No bar, homens e mulheres, inebriados por sua presença, respiram fundo tentando sentir o seu perfume. Sentem. Ou imaginam que sentem. Não faz diferença. E sorriem. Verdadeiramente.
As teorias começam a surgir. Assim como as dúvidas. Quem são elas? De onde vem? Para onde vão? O que diabos estão fazendo aqui? À essa hora?! As dúvidas e curiosidades são muitas e suficientes para distrair todos do conflito que parecia ser tão necessário resolver.
As meninas dobram a rua e somem a caminho da praia. Como um perfume marcante, seu riso ecoa nas paredes dos prédios nos lembrando da sua existência, até que some num silêncio ensurdecedor. De um momento para o outro, aquilo que parecia tão real e tão correto deixa de existir de fato.
Todos baixam as cabeças. Não sabem mais o que fazer. Alguns se sentam, aturdidos. Outros aproveitam para pagar a conta e escapar à francesa da confusão. Alguns, magoados pelo sumiço das meninas, lembram da briga e transformam a sua frustração em agressividade, retomando o conflito. Os brigões, mesmo sem clima, voltam às suas posições iniciais. Podem até apanhar mas nunca desistirão daquilo em que acreditam. Se perguntam sem resposta: qual era mesmo a razão da briga? Voltamos ao começo.
Os envolvidos se estranham. Olhares tortos, palavras tortas. Antes do novo primeiro empurrão, uma surpresa.
Despontando no início da rua, uma sexta havaiana, não tão bonita, mas infinitamente mais charmosa, corre esbaforida atrás de suas amigas, deixando seu colar cair pelo caminho.
– Me esperem. ME ESPEREM!
O bar inteiro é obrigado a cair na gargalhada. Os brigões, envergonhados com a sua postura, se abraçam e oferecem, mesmo sem dinheiro suficiente, pagar a conta um do outro. O dono do bar suspira por ter escapado por pouco da decisão entre proteger a estrutura do bar e manter a clientela. Os outros clientes agora dão razão à turma do deixa disso e os parabenizam por tentar manter a paz.

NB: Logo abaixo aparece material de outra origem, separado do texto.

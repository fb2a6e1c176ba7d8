//! Calls on all segments: predicates, notices, and what iterators read.
ghost use Rattle.std.specs.Prelude.{◌≡◌, ◌≤◌, ℕ, true, false, IfErr, IfOk, MatchOption, OnOk, OnErr, length};
ghost use Rattle.std.specs.Result.{IsErrOf};
ghost use Rattle.std.specs.String.{string_bytes};
ghost use Rattle.front_parts.specs.Wholes.Covering.{id_text};
ghost use Rattle.front_reference.specs.declared.errors.CacheError.TheVariants as errors;
ghost use Rattle.front_reference.specs.Wholes.{next_told, without_told};
ghost use Rattle.front_state.specs.Covering.{keys_of_part};
ghost use Rattle.sync_desk.specs.Drawing.{CoversAsDrawn, IsCauseToCoverAsDrawn, IsDrawn, SeesAsDrawn};

use crate::desk::Desk;
use engine_reference::Rules;
use front_parts::{HasWays, ScanningGet};
use front_reference::{At, CacheError, Shared};
use front_state::{PredicateId, Segmented, Single};
use moka_engine::Notice;
use rand_core::Rng;
use std::hash::{BuildHasher, Hash};

impl<
    K: Eq + Hash + Drop,
    V: Clone + Drop,
    S: BuildHasher + Drop,
    R: Rules<K, V> + Drop,
    G: Rng + Drop,
> Desk<K, V, S, R, G, Single> {
    /// Invalidates the values that were written before and for which the predicate returns true, in all segments or, if it is refused, in
    /// none. Returns the predicate's identifier, in hyphenated form, 36 bytes in lower case. Returns `InvalidationClosuresDisabled` if the
    /// cache accepts no predicates, `OutOfMemory` if there is not enough memory, `UsedUp` if the 64-bit numbers of calls or writes are used
    /// up, and `IdsInUse` if each of a thousand identifiers that were drawn for a segment is registered there; then the cache is as before.
    pub fn invalidate_entries_if(
        &mut self,
        predicate: R::Predicate,
    ) -> Result<PredicateId, CacheError>
        ensures covers { IfOk result (λ text. (id : ℕ) × (string_bytes text ≡ id_text id)
            × CoversAsDrawn self.old.moment predicate (G.stream self.old.generator)
            (G.stream self.new.generator) id self.old.state self.new.state) }
        ensures takes { OnOk result (self.old.state.common.settings.takes_predicates ≡ true) }
        ensures first { self.old.state.common.settings.takes_predicates ≡ false
            → IsErrOf result errors.InvalidationClosuresDisabled }
        ensures err { OnErr result (self.new.state ≡ self.old.state) }
        ensures rest { self.new
            ≡ record self.old { state = self.new.state; generator = self.new.generator } }
        ensures cause { IfErr result (IsCauseToCoverAsDrawn (G.stream self.old.generator)
            (G.stream self.new.generator) self.old.state) }
    {
        match self.draw_to_cover() {
            Ok(at) => {
                let Desk {
                    state,
                    generator,
                    ..
                } = self;
                state.invalidate_entries_if(predicate, generator, at)
            }
            Err(refused) => Err(refused),
        }
    }
}

impl<
    K: Eq + Hash + Drop,
    V: Clone + Drop,
    S: BuildHasher + Drop,
    R: Rules<K, V> + Drop,
    G: Rng + Drop,
> Desk<K, V, S, R, G, Segmented> {
    /// Invalidates the values that were written before and for which the predicate returns true, in all segments or, if it is refused, in
    /// none. Returns `InvalidationClosuresDisabled` if the cache accepts no predicates, `OutOfMemory` if there is not enough memory,
    /// `UsedUp` if the 64-bit numbers of calls or writes are used up, and `IdsInUse` if each of a thousand identifiers that were drawn for
    /// a segment is registered there; then the cache is as before.
    pub fn invalidate_entries_if(&mut self, predicate: R::Predicate) -> Result<(), CacheError>
        ensures covers { OnOk result ((id : ℕ) × CoversAsDrawn self.old.moment predicate
            (G.stream self.old.generator) (G.stream self.new.generator) id
            self.old.state self.new.state) }
        ensures takes { OnOk result (self.old.state.common.settings.takes_predicates ≡ true) }
        ensures first { self.old.state.common.settings.takes_predicates ≡ false
            → IsErrOf result errors.InvalidationClosuresDisabled }
        ensures err { OnErr result (self.new.state ≡ self.old.state) }
        ensures rest { self.new
            ≡ record self.old { state = self.new.state; generator = self.new.generator } }
        ensures cause { IfErr result (IsCauseToCoverAsDrawn (G.stream self.old.generator)
            (G.stream self.new.generator) self.old.state) }
    {
        match self.draw_to_cover() {
            Ok(at) => {
                let Desk {
                    state,
                    generator,
                    ..
                } = self;
                state.invalidate_entries_if(predicate, generator, at)
            }
            Err(refused) => Err(refused),
        }
    }
}

impl<
    K: Eq + Hash + Drop,
    V: Clone + Drop,
    S: BuildHasher + Drop,
    R: Rules<K, V> + Drop,
    G: Rng + Drop,
    C: Drop,
> Desk<K, V, S, R, G, C> {
    /// The moment and step of a call with a predicate. A cache that takes none refuses that first.
    pub(crate) fn draw_to_cover(&self) -> Result<At, CacheError>
        ensures drawn { IfOk result (IsDrawn self.now.moment self.now.state) }
        ensures takes { OnOk result (self.now.state.common.settings.takes_predicates ≡ true) }
        ensures first { self.now.state.common.settings.takes_predicates ≡ false
            → IsErrOf result errors.InvalidationClosuresDisabled }
        ensures cause { IfErr result (IsCauseToCoverAsDrawn (G.stream self.now.generator)
            (G.stream self.now.generator) self.now.state) }
    {
        if !self.state.takes_predicates() {
            return Err(CacheError::InvalidationClosuresDisabled);
        }
        match self.draw() {
            Some(at) => Ok(at),
            None => Err(CacheError::UsedUp),
        }
    }

    /// Takes the oldest notice of the first segment that has one, or returns `None` if none has.
    pub fn next_notice(&mut self) -> Option<Notice<Shared<K>, V>>
        ensures notice { result ≡ next_told self.old.state.parts }
        ensures taken { self.new ≡ record self.old {
          state = record self.old.state { parts = without_told self.old.state.parts };
        } }
    {
        self.state.next_notice()
    }

    /// Returns clones of the keys of a segment, including those of expired and invalidated values, or `None` if there is no such segment.
    /// Returns `OutOfMemory` if there is no memory for the clones.
    pub fn keys(&self, segment: usize) -> Result<Option<Vec<Shared<K>>>, CacheError>
        requires exact { (x y : V) → V.is_clone x y → y ≡ x }
        ensures keys { IfOk result
            (λ keys. MatchOption keys (length self.now.state.parts ≤ segment)
            (λ found. found.items ≡ keys_of_part self.now.state segment)) }
        ensures cause { IfErr result (λ e. e ≡ errors.OutOfMemory) }
    {
        match self.state.keys(segment) {
            Ok(keys) => Ok(keys),
            Err(_) => Err(CacheError::OutOfMemory),
        }
    }

    /// Returns a clone of the visible value of a key, or `None`. The call does not count as a use, and changes nothing. Returns
    /// `OutOfMemory` if there is no memory for the clone.
    pub fn scan(&mut self, key: &K) -> Result<Option<V>, CacheError>
        requires exact { (x y : V) → V.is_clone x y → y ≡ x }
        ensures found { IfOk result
            (SeesAsDrawn ⟦<R as HasWays<K, V, S>>⟧.ways self.old.moment key.now self.old.state) }
        ensures same { self.new ≡ self.old }
        ensures cause { IfErr result (λ e. e ≡ errors.OutOfMemory) }
    {
        match self.state.peek(key, self.next_moment()) {
            Some(value) => match value.clone() {
                Ok(found) => Ok(Some(found)),
                Err(_) => Err(CacheError::OutOfMemory),
            },
            None => Ok(None),
        }
    }
}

– Paz. Amor. Beleza. Assim não é melhor de se viver?- sentenciam e fecham o caso.
As saideiras são pedidas e o mais empolgado dos clientes, sempre há um deles, sai correndo pelo meio da rua atrás das meninas com o colar abandonado na mão. Depois da meia noite, busca por sua Cinderela havaiana.
– Ei, espere por mim também. ESPERE POR MIM!